- [What is being asked] The response should contain only those lines of the entries below that include the string "match".

- [Source information]
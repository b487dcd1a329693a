// Trees as JSON values: the list of the nodes in preorder, a split `[0,clause]`, a leaf
// `[1,term,term]`. The list is flat, so that a deep tree nests no deeper than any other.
ghost use Rattle.std.specs.Prelude.{◌≡◌};
ghost use Rattle.serde_json.specs.View.{view};
ghost use Rattle.plc_cert.specs.Shape.{split_of, leaf_of, node_of, tree_of};

use crate::number::index;
use crate::part::{Part, list};
use plc_base::NoMemory;
use plc_ground::{Node, Tree};
use serde_json::Value;
use std::alloc::Global;

/// The split that two items are, if they are one.
fn split(kind: &Value, clause: &Value) -> Option<Node>
    ensures { result ≡ split_of (view kind.now) (view clause.now) }
{
    if index(kind)? == 0 {
        Some(Node::Split(index(clause)?))
    } else {
        None
    }
}

/// The leaf that three items are, if they are one.
fn leaf(kind: &Value, left: &Value, right: &Value) -> Option<Node>
    ensures { result ≡ leaf_of (view kind.now) (view left.now) (view right.now) }
{
    if index(kind)? == 1 {
        Some(Node::Leaf(index(left)?, index(right)?))
    } else {
        None
    }
}

impl Part for Node {
    ghost shape = { node_of };

    fn read(_alloc: Global, value: &Value) -> Result<Option<Node>, NoMemory> {
        let Some(items) = value.as_array() else {
            return Ok(None);
        };
        match items.as_slice() {
            [kind, clause] => Ok(split(kind, clause)),
            [kind, left, right] => Ok(leaf(kind, left, right)),
            _ => Ok(None),
        }
    }
}

impl Part for Tree {
    ghost shape = { tree_of };

    fn read(alloc: Global, value: &Value) -> Result<Option<Tree>, NoMemory> {
        match list(alloc, value)? {
            Some(nodes) => Ok(Some(Tree { nodes })),
            None => Ok(None),
        }
    }
}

- [Your solution]
        match items.as_slice() {
        match list(alloc, value)? {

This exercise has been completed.